National Weather Service seeks IT expertise to develop next-gen water prediction capabilities

The National Weather Service is working to deliver new flood and water supply mapping capabilities by the end of the decade.
Evidence of flash flooding across Badwater Road is seen as Death Valley National Park partially reopens two weeks after record-setting rainfall caused a historic flash flood on August 20, 2022 in Death Valley, California. (Photo by David McNew/Getty Images)

The National Weather Service is looking for IT expertise to improve its prediction and analysis of floods and water supply and quality in light of climate change, pollution, population growth and aging infrastructure.

NWS‘s Office of Water Prediction needs engineers, technicians, program and project managers, data scientists, and software developers to deliver three improved or innovative capabilities sought by the decade’s end: the National Water Model (NWM), flood inundation mapping (FIM) services and an enterprise hydrofabric solution.

A contract resulting from NOAA’s sources sought notice would cover development of a Next-Generation Water Resources Modeling Framework starting in 2025 with a testing environment for optimizing both the NWM and FIM. The framework would be updated annually.

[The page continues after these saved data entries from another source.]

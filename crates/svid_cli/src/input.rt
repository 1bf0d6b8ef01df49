//! The inputs of the program.
ghost use Rattle.std.specs.Prelude.{◌≡◌, None, take};
ghost use Rattle.std.specs.Io.{ReadsAtMost};
ghost use Rattle.svid_cli.specs.Input.{first_after};

use std::fs::File;
use std::io::{Cursor, ErrorKind, Read, Stdin};
use std::time::Duration;
use std::{io, thread};
use svid_wire::{Source, Stopped};

/// Where bytes come from: standard input, a file, or bytes that the program made from one.
#[derive(Drop)]
pub enum Stream {
    Stdin(Stdin),
    File(File),
    Made(Cursor<Vec<u8>>),
}

/// An input of the program. Where it is non-blocking and has no bytes yet, the program looks again a hundred times a second.
#[derive(Drop)]
pub struct Input<'a> {
    rt: &'a HostRuntime,
    stream: Stream,
    first: Option<u8>,
    faults: u64,
}

// Waits for a source that is not ready, or passes on its result.
fn wait_for<R: Read>(rt: &HostRuntime, from: &mut R, room: &mut [u8]) -> io::Result<usize>
    ensures bound { ReadsAtMost result room.new }
{
    for _ in 0..u64::MAX {
        match from.read(room) {
            Err(error) if error.kind() == ErrorKind::WouldBlock => {
                thread::sleep(rt, Duration::from_millis(10));
            }
            answer => return answer,
        }
    }
    Err(io::Error::from(ErrorKind::WouldBlock))
}

// The first byte of an input after these bytes came, by the first byte before them.
fn first_after(first: Option<u8>, piece: &[u8]) -> Option<u8>
    ensures { result ≡ first_after first piece.now }
{
    match first {
        Some(byte) => Some(byte),
        None => piece.first().copied(),
    }
}

impl<'a> Input<'a> {
    /// An input before its first byte.
    pub fn new(rt: &'a HostRuntime, stream: Stream) -> Input<'a> {
        Input {
            rt,
            stream,
            first: None,
            faults: 0,
        }
    }

    /// The first byte, once one was read.
    pub fn first(&self) -> Option<u8>
        ensures { result ≡ self.now.first }
    {
        self.first
    }

    /// The bytes that the program made.
    pub fn made(&self) -> &[u8] {
        match &self.stream {
            Stream::Made(bytes) => bytes.get_ref(),
            _ => &[],
        }
    }

    fn read(&mut self, room: &mut [u8]) -> io::Result<usize>
        ensures bound { ReadsAtMost result room.new }
        ensures faults { self.new.faults ≡ self.old.faults }
        ensures first { self.new.first ≡ self.old.first }
    {
        match &mut self.stream {
            Stream::Stdin(stdin) => wait_for(self.rt, stdin, room),
            Stream::File(file) => wait_for(self.rt, file, room),
            Stream::Made(bytes) => bytes.read(room),
        }
    }
}

impl<'a> Source for Input<'a> {
    ghost left = { λ _. None };

    ghost stops = { λ i. i.faults };

    fn get(&mut self, room: &mut [u8]) -> Result<usize, Stopped> {
        match self.read(room) {
            Ok(given) => {
                self.first = first_after(self.first, &room[..given]);
                Ok(given)
            }
            Err(_) => {
                self.faults = self.faults.saturating_add(1);
                Err(Stopped)
            }
        }
    }

    fn faults(&self) -> u64 {
        self.faults
    }
}
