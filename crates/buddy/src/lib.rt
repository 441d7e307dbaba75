// A buddy store as its user calls it: set up, ask, deliver, return. Each call is planned, by the gate and the tests behind it, and
// then carried out; `calls` has the calls told of the store's share of the account.
#![tactic(auto)]

mod asks;
pub mod calls;
mod carries;
mod deliveries;
mod plans;
mod returns;
mod set_ups;

pub use asks::ask;
pub use carries::{carry_ask, carry_deliver, carry_return, carry_set_up};
pub use deliveries::deliver;
pub use plans::{plan_ask, plan_deliver, plan_return, plan_set_up};
pub use returns::return_block;
pub use set_ups::set_up;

Details of the new contract were published by the agency earlier this month in a performance work statement on


The chosen contractor would also be expected to improve FIM services helping NOAA make flood emergency response decisions by improving the depiction of where, when and how infrastructure is impacted.

Lastly the contractor will establish an enterprise hydrofabric solution — a digital representation of significant water features on and below the land’s surface — supporting both the NWM and FIM. 

The National Oceanic and Atmospheric Administration, of which NWS is a part, is developing an earth system modeling framework to which all three capabilities are key and that will help with decision making.

“Over the last decade, NWS has taken proactive steps to transform and innovate its modeling capacity, as well as move into a partner and customer-centric service delivery model to create a climate-ready nation (CRN) that is prepared for and responds to weather, water and climate-dependent events,” reads NOAA’s performance work statement. “Building a CRN was identified by the secretary of Commerce as one of the top Department of Commerce priorities.”

The winning contractor will work out of its own facilities, and NOAA is interested in improving small business competition through this sources sought. Responses are due by 5 p.m. EDT on Sept. 8, 2022.